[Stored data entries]

■ ■ ■ ■ ■

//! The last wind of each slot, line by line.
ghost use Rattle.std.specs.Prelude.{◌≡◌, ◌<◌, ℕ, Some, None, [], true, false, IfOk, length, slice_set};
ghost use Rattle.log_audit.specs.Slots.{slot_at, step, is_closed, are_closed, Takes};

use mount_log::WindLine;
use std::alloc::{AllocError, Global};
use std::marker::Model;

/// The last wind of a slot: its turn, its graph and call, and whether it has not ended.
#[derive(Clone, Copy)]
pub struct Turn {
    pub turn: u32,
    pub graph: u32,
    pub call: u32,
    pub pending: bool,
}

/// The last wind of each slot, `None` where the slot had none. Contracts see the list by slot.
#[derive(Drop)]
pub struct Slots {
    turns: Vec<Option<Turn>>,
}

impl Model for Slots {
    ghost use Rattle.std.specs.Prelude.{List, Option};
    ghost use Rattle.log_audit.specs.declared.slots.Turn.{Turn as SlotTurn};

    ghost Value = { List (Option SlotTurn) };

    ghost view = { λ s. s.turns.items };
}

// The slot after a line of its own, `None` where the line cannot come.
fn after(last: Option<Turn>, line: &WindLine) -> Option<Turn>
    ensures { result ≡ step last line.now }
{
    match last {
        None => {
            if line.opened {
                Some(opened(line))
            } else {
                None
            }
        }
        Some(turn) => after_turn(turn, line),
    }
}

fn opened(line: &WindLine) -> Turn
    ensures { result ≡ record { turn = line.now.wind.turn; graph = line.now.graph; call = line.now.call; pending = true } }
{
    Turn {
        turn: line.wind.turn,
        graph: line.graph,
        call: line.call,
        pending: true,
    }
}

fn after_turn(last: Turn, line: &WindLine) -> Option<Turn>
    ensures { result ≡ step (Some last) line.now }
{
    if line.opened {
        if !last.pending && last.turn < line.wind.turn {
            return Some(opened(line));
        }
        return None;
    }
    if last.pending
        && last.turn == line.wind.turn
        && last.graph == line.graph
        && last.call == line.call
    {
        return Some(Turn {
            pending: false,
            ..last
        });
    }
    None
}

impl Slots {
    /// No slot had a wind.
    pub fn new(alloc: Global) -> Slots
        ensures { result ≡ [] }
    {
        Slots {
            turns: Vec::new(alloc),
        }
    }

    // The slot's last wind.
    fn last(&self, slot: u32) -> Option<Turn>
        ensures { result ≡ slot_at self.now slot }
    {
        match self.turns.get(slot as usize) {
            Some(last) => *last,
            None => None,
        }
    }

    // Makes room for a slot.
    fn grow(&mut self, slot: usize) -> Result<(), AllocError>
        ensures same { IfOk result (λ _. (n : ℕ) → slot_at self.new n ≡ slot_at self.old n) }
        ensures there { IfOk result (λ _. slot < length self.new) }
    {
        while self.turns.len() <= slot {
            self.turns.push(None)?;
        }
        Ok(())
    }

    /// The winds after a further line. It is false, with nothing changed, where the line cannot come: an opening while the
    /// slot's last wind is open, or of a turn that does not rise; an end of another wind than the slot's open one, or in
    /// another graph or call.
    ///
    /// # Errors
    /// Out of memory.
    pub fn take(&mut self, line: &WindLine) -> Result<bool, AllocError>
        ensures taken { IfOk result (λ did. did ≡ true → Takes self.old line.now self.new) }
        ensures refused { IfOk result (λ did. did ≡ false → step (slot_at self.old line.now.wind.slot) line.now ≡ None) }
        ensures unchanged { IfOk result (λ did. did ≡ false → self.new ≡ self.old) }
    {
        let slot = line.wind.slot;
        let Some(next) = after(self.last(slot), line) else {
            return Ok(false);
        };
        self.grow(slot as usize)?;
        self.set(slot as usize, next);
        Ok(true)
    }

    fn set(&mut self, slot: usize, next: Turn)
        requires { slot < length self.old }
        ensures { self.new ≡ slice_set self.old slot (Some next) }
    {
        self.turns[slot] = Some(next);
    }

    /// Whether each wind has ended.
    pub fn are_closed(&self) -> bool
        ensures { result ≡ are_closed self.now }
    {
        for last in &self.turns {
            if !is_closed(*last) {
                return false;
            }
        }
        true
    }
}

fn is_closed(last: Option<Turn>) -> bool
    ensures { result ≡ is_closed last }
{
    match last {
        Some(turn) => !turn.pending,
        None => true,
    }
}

■ ■ ■ ■ ■

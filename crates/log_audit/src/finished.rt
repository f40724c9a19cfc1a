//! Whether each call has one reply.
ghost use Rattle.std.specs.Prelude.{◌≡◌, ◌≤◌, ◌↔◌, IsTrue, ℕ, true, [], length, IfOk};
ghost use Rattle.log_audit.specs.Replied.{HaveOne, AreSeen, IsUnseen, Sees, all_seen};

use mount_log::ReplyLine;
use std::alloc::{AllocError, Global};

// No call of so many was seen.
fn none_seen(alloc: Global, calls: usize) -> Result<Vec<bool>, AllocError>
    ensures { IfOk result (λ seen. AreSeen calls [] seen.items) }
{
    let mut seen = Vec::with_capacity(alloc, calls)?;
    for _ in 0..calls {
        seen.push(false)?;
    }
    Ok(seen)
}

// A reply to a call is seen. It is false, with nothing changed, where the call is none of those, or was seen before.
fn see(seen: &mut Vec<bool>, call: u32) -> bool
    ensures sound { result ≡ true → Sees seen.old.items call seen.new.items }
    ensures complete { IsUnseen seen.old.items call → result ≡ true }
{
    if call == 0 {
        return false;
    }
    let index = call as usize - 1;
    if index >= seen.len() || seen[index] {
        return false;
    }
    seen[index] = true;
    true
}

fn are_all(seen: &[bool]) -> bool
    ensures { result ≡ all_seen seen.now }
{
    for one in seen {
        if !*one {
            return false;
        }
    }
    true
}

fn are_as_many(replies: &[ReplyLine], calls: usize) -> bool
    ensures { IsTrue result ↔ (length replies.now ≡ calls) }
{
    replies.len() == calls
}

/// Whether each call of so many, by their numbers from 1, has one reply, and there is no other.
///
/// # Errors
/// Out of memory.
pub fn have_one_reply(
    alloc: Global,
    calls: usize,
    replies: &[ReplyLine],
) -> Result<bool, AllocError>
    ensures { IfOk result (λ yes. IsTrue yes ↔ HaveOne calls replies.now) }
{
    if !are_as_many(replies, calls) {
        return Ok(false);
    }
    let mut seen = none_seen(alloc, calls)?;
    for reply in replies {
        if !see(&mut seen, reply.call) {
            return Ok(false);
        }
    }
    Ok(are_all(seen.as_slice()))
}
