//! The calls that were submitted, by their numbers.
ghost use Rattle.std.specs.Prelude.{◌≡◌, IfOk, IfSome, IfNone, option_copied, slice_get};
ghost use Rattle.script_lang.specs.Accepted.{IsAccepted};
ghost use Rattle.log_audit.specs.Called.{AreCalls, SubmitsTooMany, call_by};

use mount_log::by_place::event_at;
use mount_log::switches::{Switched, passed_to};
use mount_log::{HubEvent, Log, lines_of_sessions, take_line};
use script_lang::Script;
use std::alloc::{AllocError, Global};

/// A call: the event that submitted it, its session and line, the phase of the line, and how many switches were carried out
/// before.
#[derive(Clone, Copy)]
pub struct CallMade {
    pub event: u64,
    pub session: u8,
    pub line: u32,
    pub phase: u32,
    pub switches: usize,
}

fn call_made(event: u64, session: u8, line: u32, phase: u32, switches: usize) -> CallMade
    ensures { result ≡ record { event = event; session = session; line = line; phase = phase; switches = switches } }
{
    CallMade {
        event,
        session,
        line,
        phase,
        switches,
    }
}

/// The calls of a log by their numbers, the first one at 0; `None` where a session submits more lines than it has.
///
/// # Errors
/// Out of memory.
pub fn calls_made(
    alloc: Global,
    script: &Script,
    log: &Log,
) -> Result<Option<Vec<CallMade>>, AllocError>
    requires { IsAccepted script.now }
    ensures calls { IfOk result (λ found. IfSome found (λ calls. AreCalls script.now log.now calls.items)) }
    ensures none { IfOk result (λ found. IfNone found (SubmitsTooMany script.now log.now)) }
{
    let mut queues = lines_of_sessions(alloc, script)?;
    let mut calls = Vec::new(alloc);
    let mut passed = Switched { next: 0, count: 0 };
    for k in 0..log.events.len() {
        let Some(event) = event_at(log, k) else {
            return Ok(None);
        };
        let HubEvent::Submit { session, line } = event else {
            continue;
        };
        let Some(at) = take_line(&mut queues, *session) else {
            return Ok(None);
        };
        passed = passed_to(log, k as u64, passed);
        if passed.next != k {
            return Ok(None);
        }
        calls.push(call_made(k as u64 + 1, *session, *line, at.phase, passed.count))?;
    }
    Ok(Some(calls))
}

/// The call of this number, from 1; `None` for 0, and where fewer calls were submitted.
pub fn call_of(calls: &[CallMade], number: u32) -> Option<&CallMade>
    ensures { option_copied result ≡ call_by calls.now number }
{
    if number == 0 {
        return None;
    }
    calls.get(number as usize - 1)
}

■ ■ ■ ■ ■

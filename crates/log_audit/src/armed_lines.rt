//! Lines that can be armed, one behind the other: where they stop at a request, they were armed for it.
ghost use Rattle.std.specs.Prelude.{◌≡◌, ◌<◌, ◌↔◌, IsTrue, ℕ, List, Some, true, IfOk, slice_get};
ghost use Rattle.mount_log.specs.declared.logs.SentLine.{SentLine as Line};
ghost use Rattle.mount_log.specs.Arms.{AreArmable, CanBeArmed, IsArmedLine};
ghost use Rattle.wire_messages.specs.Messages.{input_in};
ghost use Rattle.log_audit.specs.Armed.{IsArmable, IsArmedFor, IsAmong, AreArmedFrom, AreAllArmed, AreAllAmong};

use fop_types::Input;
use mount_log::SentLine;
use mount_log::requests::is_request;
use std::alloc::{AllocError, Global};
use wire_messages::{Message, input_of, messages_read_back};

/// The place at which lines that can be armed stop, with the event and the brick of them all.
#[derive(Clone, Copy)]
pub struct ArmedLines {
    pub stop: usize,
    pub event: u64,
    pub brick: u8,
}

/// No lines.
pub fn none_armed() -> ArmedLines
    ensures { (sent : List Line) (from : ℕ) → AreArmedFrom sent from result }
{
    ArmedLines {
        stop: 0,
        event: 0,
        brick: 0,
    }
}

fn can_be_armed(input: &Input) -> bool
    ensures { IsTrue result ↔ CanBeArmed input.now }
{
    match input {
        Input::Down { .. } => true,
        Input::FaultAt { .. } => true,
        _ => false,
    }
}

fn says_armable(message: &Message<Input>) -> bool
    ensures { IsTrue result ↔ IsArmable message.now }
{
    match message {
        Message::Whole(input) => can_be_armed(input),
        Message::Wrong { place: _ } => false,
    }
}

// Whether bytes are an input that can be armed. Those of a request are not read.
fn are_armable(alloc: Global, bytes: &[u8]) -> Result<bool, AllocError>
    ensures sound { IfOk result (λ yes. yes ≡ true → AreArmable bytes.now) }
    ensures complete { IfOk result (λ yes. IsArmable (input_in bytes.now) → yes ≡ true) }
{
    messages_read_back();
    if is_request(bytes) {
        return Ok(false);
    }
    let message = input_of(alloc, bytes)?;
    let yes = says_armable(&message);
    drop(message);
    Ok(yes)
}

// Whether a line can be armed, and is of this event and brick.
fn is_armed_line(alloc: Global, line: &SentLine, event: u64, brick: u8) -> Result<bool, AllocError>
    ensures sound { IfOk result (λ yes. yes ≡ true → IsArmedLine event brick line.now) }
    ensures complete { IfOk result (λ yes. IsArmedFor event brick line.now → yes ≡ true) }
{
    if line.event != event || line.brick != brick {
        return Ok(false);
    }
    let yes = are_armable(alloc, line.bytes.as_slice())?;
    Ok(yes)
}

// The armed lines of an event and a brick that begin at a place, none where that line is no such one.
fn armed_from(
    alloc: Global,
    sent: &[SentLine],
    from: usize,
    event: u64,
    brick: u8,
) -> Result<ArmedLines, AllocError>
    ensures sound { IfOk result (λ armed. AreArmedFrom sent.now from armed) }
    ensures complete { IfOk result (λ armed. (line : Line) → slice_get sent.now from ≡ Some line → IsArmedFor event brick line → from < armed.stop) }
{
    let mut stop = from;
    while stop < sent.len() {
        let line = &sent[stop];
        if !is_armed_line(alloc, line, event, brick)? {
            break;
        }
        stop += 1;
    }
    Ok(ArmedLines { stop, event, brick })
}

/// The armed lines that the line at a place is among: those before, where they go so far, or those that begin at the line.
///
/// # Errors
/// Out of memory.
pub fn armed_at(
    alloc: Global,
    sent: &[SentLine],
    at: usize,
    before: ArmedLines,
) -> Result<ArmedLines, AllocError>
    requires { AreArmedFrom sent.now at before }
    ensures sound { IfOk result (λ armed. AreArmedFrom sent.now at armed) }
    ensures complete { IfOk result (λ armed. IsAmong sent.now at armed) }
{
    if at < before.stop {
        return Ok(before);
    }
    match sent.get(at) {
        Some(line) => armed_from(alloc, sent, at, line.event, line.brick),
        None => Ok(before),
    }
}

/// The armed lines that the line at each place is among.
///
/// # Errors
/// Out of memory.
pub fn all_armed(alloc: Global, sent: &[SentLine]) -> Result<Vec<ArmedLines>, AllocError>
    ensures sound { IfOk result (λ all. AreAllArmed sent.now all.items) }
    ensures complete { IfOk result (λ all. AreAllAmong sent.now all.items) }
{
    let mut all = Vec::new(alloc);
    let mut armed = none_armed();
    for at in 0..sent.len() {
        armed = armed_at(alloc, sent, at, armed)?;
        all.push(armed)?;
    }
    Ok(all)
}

■ ■ ■ ■ ■

Your instructions
Of all the entries above, repeat only the lines from the line that has "true → AreArmable" to the line that has "AreArmedFrom sent.now from", both lines included, exactly.

The completed task
    ensures sound { IfOk result (λ yes. yes ≡ true → AreArmable bytes.now) }
    ensures complete { IfOk result (λ yes. IsArmable (input_in bytes.now) → yes ≡ true) }
{
    messages_read_back();
    if is_request(bytes) {
        return Ok(false);
    }
    let message = input_of(alloc, bytes)?;
    let yes = says_armable(&message);
    drop(message);
    Ok(yes)
}

// Whether a line can be armed, and is of this event and brick.
fn is_armed_line(alloc: Global, line: &SentLine, event: u64, brick: u8) -> Result<bool, AllocError>
    ensures sound { IfOk result (λ yes. yes ≡ true → IsArmedLine event brick line.now) }
    ensures complete { IfOk result (λ yes. IsArmedFor event brick line.now → yes ≡ true) }
{
    if line.event != event || line.brick != brick {
        return Ok(false);
    }
    let yes = are_armable(alloc, line.bytes.as_slice())?;
    Ok(yes)
}

// The armed lines of an event and a brick that begin at a place, none where that line is no such one.
fn armed_from(
    alloc: Global,
    sent: &[SentLine],
    from: usize,
    event: u64,
    brick: u8,
) -> Result<ArmedLines, AllocError>
    ensures sound { IfOk result (λ armed. AreArmedFrom sent.now from armed) }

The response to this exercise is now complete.